Monday, November 28, 2016

Elliott Management's Letter to Cognizant

Today Elliott Management disclosed a $1.4 billion 4% stake in Cognizant Technology Solutions(CTSH).  The activist firm identified a few key areas they feel could create significant and immediate value to shareholders.  According to their research and plan the company could easily boost it's stock price to $80-$90 with ease. You can read the entire letter here. Here is an article highlight.

– Cognizant is viewed as being shareholderunfriendly. In contrast, Accenture is viewed as being a responsible steward of shareholder capital and is therefore awarded a multiple of more than 20x NTM P/E, a meaningful premium to the entire peer group, despite having the lowest revenue growth rate. Its robust capital return and margin expansion programs support a far higher multiple than its slower growth alone warrants, because it offers shareholders a balanced set of drivers to deliver investment returns. Cognizant, on the other hand, gets penalized with a significant discount. Because Cognizant has a limited capital return program and explicitly commits not to expand margins, shareholders must rely on the Company delivering above-average revenue growth for investment returns. When selecting companies in which to invest capital, shareholders will naturally gravitate toward management teams with proven capital allocation track records.

For the most part they identified the lack of a plan to consistently return cash to shareholders(ie buybacks & dividends), adherence to an old margin policy, and a misguided reliance on revenue growth. Furthermore they cited the company had excess cash and very little debt, which they made it seem is bad. The last problem I'd be ecstatic to have.  I'd put that comment in the list of "things you don't hear people complain about".

I'd have to agree that the company needs to make some changes. It's just part of the business cycle. Revenue growth has been tailing off compared to it's historical growth rate.  That alone is a big clue it's time to change your focus. I've been a champion of the company, and even I was starting to wonder if they would initiate a dividend soon.  The company could easily handle it. 

Saturday, November 19, 2016

TLH Market Review 11/19/16

"That's two weeks" - TLHI
"Two weeks of what?" - You
"Two weeks of post-election market highs even though the world was supposed to end" TLHI

Yep that's right! Two weeks of new highs even though the "smart" people at Goldman Sachs with a huge research budget, and boat loads of MBA's from Ivy League schools all said a Trump victory would be bad for the market.  I hate to get political but they were backing HRC the entire time so take their word with a massive grain of salt. That's why there is the phrase "Follow The Money"

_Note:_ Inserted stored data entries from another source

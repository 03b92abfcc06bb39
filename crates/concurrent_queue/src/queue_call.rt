//! A call of a queue, made one step at a time. `QueueCall` owns the call's program counter and its message, and touches cells only through
//! the [`Cells`](crate::cells::Cells) that each step is given.
//!
//! # Extensions
//!
//! All of this module.

ghost use Rattle.std.specs.Prelude.{◌≡◌};
ghost use Rattle.concurrent_queue.specs.machine.Dispatch.{in_single, in_ring, in_blocks, ended};
ghost use Rattle.concurrent_queue.specs.Replies.{StateFollows};
ghost use Rattle.concurrent_queue.specs.Stands.{StateReady};
ghost use Rattle.concurrent_queue.specs.Walked.{StateMakes};
ghost use Rattle.concurrent_queue.specs.declared.call.QueueAsk.TheVariants as ask;

pub(crate) mod fast_path;
mod place;
pub(crate) mod seen;
pub mod whole;

use crate::bounded::RingAction;
use crate::call::{QueueAsk, QueueMark, QueueReply, Stepped};
use crate::cells::{Cells, QueueForm};
use crate::seen::Trace;
use crate::single::SingleAction;
use crate::unbounded::action::UnboundedCall;
use crate::{bounded, single, unbounded};
use std::mem;

/// How far a call has come, in the form of its queue.
#[derive(Drop)]
pub(crate) enum CallState<T> {
    /// It has made no step.
    Asked(QueueAsk<T>),
    /// On a queue of one slot.
    Single(SingleAction<T>),
    /// On a ring.
    Ring(RingAction<T>),
    /// On an unbounded queue.
    Blocks(UnboundedCall<T>),
    /// It has answered.
    Finished,
}

/// A call of a queue. Each `step` is one operation on one cell; the last one answers.
pub struct QueueCall<T> {
    state: CallState<T>,
    mark: QueueMark,
}

/// Written by hand, so that crates above prove nothing about the machines' program counters when they drop a call.
impl<T: Drop> Drop for QueueCall<T> {
    fn drop(self) {
        let QueueCall { state, mark: _ } = self;
        drop(state);
    }
}

fn wrap_single<T: Drop>(stepped: Stepped<SingleAction<T>, T>) -> Stepped<CallState<T>, T>
    ensures { result ≡ in_single stepped }
{
    Stepped {
        action: CallState::Single(stepped.action),
        mark: stepped.mark,
        reply: stepped.reply,
    }
}

fn wrap_ring<T: Drop>(stepped: Stepped<RingAction<T>, T>) -> Stepped<CallState<T>, T>
    ensures { result ≡ in_ring stepped }
{
    Stepped {
        action: CallState::Ring(stepped.action),
        mark: stepped.mark,
        reply: stepped.reply,
    }
}

fn wrap_blocks<T: Drop>(stepped: Stepped<UnboundedCall<T>, T>) -> Stepped<CallState<T>, T>
    ensures { result ≡ in_blocks stepped }
{
    Stepped {
        action: CallState::Blocks(stepped.action),
        mark: stepped.mark,
        reply: stepped.reply,
    }
}

/// The first step of a call, in the form of its queue.
fn first_step<T: Drop, C: Cells<T>>(ask: QueueAsk<T>, cells: &mut C) -> Stepped<CallState<T>, T>
    requires ready { StateReady C.may (C.form_of cells.old) (CallState.Asked ask) cells.old }
    ensures answers { StateFollows (C.form_of cells.old) (CallState.Asked ask) result.action result.reply }
    ensures deed { StateMakes C.did (C.form_of cells.old) cells.old (CallState.Asked ask) cells.new result }
{
    match cells.form() {
        QueueForm::Bounded(1) => wrap_single(single::step(single::first(ask), cells)),
        QueueForm::Bounded(_) => wrap_ring(bounded::step(bounded::first(ask), cells)),
        QueueForm::Unbounded => wrap_blocks(unbounded::step(unbounded::first(ask), cells)),
    }
}

fn step_state<T: Drop, C: Cells<T>>(state: CallState<T>, cells: &mut C) -> Stepped<CallState<T>, T>
    requires ready { StateReady C.may (C.form_of cells.old) state cells.old }
    ensures answers { StateFollows (C.form_of cells.old) state result.action result.reply }
    ensures deed { StateMakes C.did (C.form_of cells.old) cells.old state cells.new result }
{
    match state {
        CallState::Asked(ask) => first_step(ask, cells),
        CallState::Single(action) => wrap_single(single::step(action, cells)),
        CallState::Ring(action) => wrap_ring(bounded::step(action, cells)),
        CallState::Blocks(call) => wrap_blocks(unbounded::step(call, cells)),
        CallState::Finished => Stepped {
            action: CallState::Finished,
            mark: QueueMark::Nothing,
            reply: None,
        },
    }
}

/// The question how many messages the queue can hold, by its form alone.
#[inline(always)]
fn capacity_step<T: Drop, S: Trace<T>>(form: QueueForm, trace: &S) -> Stepped<CallState<T>, T>
    ensures answers { StateFollows form (CallState.Asked ask.Capacity) result.action result.reply }
    ensures deed { StateMakes S.did form trace.now (CallState.Asked ask.Capacity) trace.now result }
{
    match form {
        QueueForm::Bounded(1) => wrap_single(single::capacity(trace)),
        QueueForm::Bounded(most) => wrap_ring(bounded::capacity(most, trace)),
        QueueForm::Unbounded => wrap_blocks(unbounded::capacity(trace)),
    }
}

impl<T: Drop> QueueCall<T> {
    ghost use Rattle.std.specs.Prelude.{◌≡◌, true, MatchResult};
    ghost use Rattle.concurrent_queue.specs.Step.{Starts, mark_of};
    ghost use Rattle.concurrent_queue.specs.Replies.{Follows, IsAsking};
    ghost use Rattle.concurrent_queue.specs.declared.queue_call.CallState.TheVariants as CallState;
    ghost use Rattle.concurrent_queue.specs.Walked.{CallMakes, HasEnded, standing};

    /// The call that asks this. It has made no step.
    pub fn new(ask: QueueAsk<T>) -> QueueCall<T>
        ensures starts { Starts result ask }
        ensures asked { IsAsking result ask }
        ensures unmarked { mark_of result ≡ QueueMark.Nothing }
    {
        QueueCall {
            state: CallState::Asked(ask),
            mark: QueueMark::Nothing,
        }
    }

    /// A call that has answered: it stands in for a call that was moved out to be completed. Its steps do nothing and answer nothing.
    pub fn ended() -> QueueCall<T>
        ensures ended { HasEnded result }
        ensures unmarked { mark_of result ≡ QueueMark.Nothing }
    {
        QueueCall {
            state: CallState::Finished,
            mark: QueueMark::Nothing,
        }
    }

    /// What the last step did; `Nothing` before the first one. `complete` uses the call up, so there the answer alone says what was done.
    pub fn last_mark(&self) -> QueueMark
        ensures { result ≡ mark_of self.now }
    {
        self.mark
    }

    /// The program counter of a call that is given away.
    #[inline(always)]
    fn into_state(self) -> CallState<T>
        ensures { result ≡ self.state }
    {
        let QueueCall { state, mark: _ } = self;
        state
    }

    /// What the call asks if it has made no step; otherwise the call.
    #[inline(always)]
    pub fn into_asked(self) -> Result<QueueAsk<T>, QueueCall<T>>
        ensures { MatchResult result (λ a. self.state ≡ CallState.Asked a) (λ rest. rest ≡ self) }
    {
        let QueueCall { state, mark } = self;
        match state {
            CallState::Asked(ask) => Ok(ask),
            state => Err(QueueCall { state, mark }),
        }
    }

    /// Whether it asks how many messages the queue can hold, and has made no step.
    #[inline(always)]
    pub(crate) fn asks_capacity(&self) -> bool
        ensures { result ≡ true → IsAsking self.now ask.Capacity }
    {
        matches!(&self.state, CallState::Asked(QueueAsk::Capacity))
    }

    /// The one step of that question. It touches no cell: the queue's form has the answer.
    #[inline(always)]
    pub(crate) fn step_capacity<S: Trace<T>>(
        &mut self,
        form: QueueForm,
        trace: &S,
    ) -> Option<QueueReply<T>>
        requires { IsAsking self.old ask.Capacity }
        ensures deed { CallMakes S.did form trace.now self.old trace.now self.new result }
        ensures answers { Follows form self.old self.new result }
    {
        let stepped = capacity_step(form, trace);
        drop(mem::replace(&mut self.state, stepped.action));
        self.mark = stepped.mark;
        stepped.reply
    }

    /// Makes one step: one operation on the cells, as the machine of their form makes it, and what follows its answer.
    pub fn step<C: Cells<T>>(&mut self, cells: &mut C) -> Option<QueueReply<T>>
        requires stands { C.stands (standing (C.form_of cells.old) self.old.state) cells.old }
        ensures answers { Follows (C.form_of cells.old) self.old self.new result }
        ensures deed { CallMakes C.did (C.form_of cells.old) cells.old self.old cells.new self.new result }
    {
        let state = mem::replace(&mut self.state, CallState::Finished);
        let stepped = step_state(state, cells);
        drop(mem::replace(&mut self.state, stepped.action));
        self.mark = stepped.mark;
        stepped.reply
    }
}

impl<T: Drop> QueueCall<T> {
    ghost use Rattle.std.specs.Prelude.{◌≡◌};
    ghost use Rattle.concurrent_queue.specs.Step.{Starts, mark_of};
    ghost use Rattle.concurrent_queue.specs.Replies.{IsAsking};
    ghost use Rattle.concurrent_queue.specs.declared.call.QueueAsk.TheVariants as ask;

    /// A call that appends this message.
    pub fn push(value: T) -> QueueCall<T>
        ensures starts { Starts result (ask.Push value) }
        ensures asked { IsAsking result (ask.Push value) }
        ensures unmarked { mark_of result ≡ QueueMark.Nothing }
    {
        QueueCall::new(QueueAsk::Push(value))
    }

    /// A call that appends this message; if the queue is full, the oldest one leaves for it.
    pub fn force_push(value: T) -> QueueCall<T>
        ensures starts { Starts result (ask.ForcePush value) }
        ensures asked { IsAsking result (ask.ForcePush value) }
        ensures unmarked { mark_of result ≡ QueueMark.Nothing }
    {
        QueueCall::new(QueueAsk::ForcePush(value))
    }

    /// A call that takes the oldest message.
    pub fn pop() -> QueueCall<T>
        ensures starts { Starts result ask.Pop }
        ensures asked { IsAsking result ask.Pop }
        ensures unmarked { mark_of result ≡ QueueMark.Nothing }
    {
        QueueCall::new(QueueAsk::Pop)
    }

    /// A call that closes the queue.
    pub fn close() -> QueueCall<T>
        ensures starts { Starts result ask.Close }
        ensures asked { IsAsking result ask.Close }
        ensures unmarked { mark_of result ≡ QueueMark.Nothing }
    {
        QueueCall::new(QueueAsk::Close)
    }

    /// A call that asks whether the queue is closed.
    pub fn is_closed() -> QueueCall<T>
        ensures starts { Starts result ask.IsClosed }
        ensures asked { IsAsking result ask.IsClosed }
        ensures unmarked { mark_of result ≡ QueueMark.Nothing }
    {
        QueueCall::new(QueueAsk::IsClosed)
    }

    /// A call that asks whether the queue holds no message.
    pub fn is_empty() -> QueueCall<T>
        ensures starts { Starts result ask.IsEmpty }
        ensures asked { IsAsking result ask.IsEmpty }
        ensures unmarked { mark_of result ≡ QueueMark.Nothing }
    {
        QueueCall::new(QueueAsk::IsEmpty)
    }

    /// A call that asks whether the queue is full.
    pub fn is_full() -> QueueCall<T>
        ensures starts { Starts result ask.IsFull }
        ensures asked { IsAsking result ask.IsFull }
        ensures unmarked { mark_of result ≡ QueueMark.Nothing }
    {
        QueueCall::new(QueueAsk::IsFull)
    }

    /// A call that asks how many messages the queue holds.
    pub fn len() -> QueueCall<T>
        ensures starts { Starts result ask.Len }
        ensures asked { IsAsking result ask.Len }
        ensures unmarked { mark_of result ≡ QueueMark.Nothing }
    {
        QueueCall::new(QueueAsk::Len)
    }

    /// A call that asks how many messages the queue can hold.
    pub fn capacity() -> QueueCall<T>
        ensures starts { Starts result ask.Capacity }
        ensures asked { IsAsking result ask.Capacity }
        ensures unmarked { mark_of result ≡ QueueMark.Nothing }
    {
        QueueCall::new(QueueAsk::Capacity)
    }
}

With the Dow Jones and Russell 2000 climbing into uncharted territory it's only a matter of time before the S&P 500 and Nasdaq follow.  My guess is we'll see it by year end, or by February at the latest. The line won't be straight up, but it will be up.  

Either way the last few weeks have seen a lot of change within the market.  Financials and Industrials have been leading the rotation with respective gains of 13.7% & 7.17% the last month.  Meanwhile Utilities and Real estate have taken a beating as each are down -4.4% & -6%.
Visit to see more great charts.

These aren't the only areas seeing massive moves. Small caps have been on fire as the Russell 2000 has surged over 13% the last couple weeks and now sports a 16% YTD gain. 

It's crazy how quickly things can change as investors are now flocking into cyclical and riskier assets.  At the beginning of this year investors were clamoring for utilities, real estate, telecom, and staples as the market see-sawed all over the place. Many back then were calling for a recession and a crash in stocks. We did see some dangerously low growth, but it seems the worst was avoided. 

Bonds and Gold have also had some divergent paths as big money re-positions.  The 10 year yield has soared 50bps to 2.34%, and safe haven gold has seen its price drop from $124 to $115.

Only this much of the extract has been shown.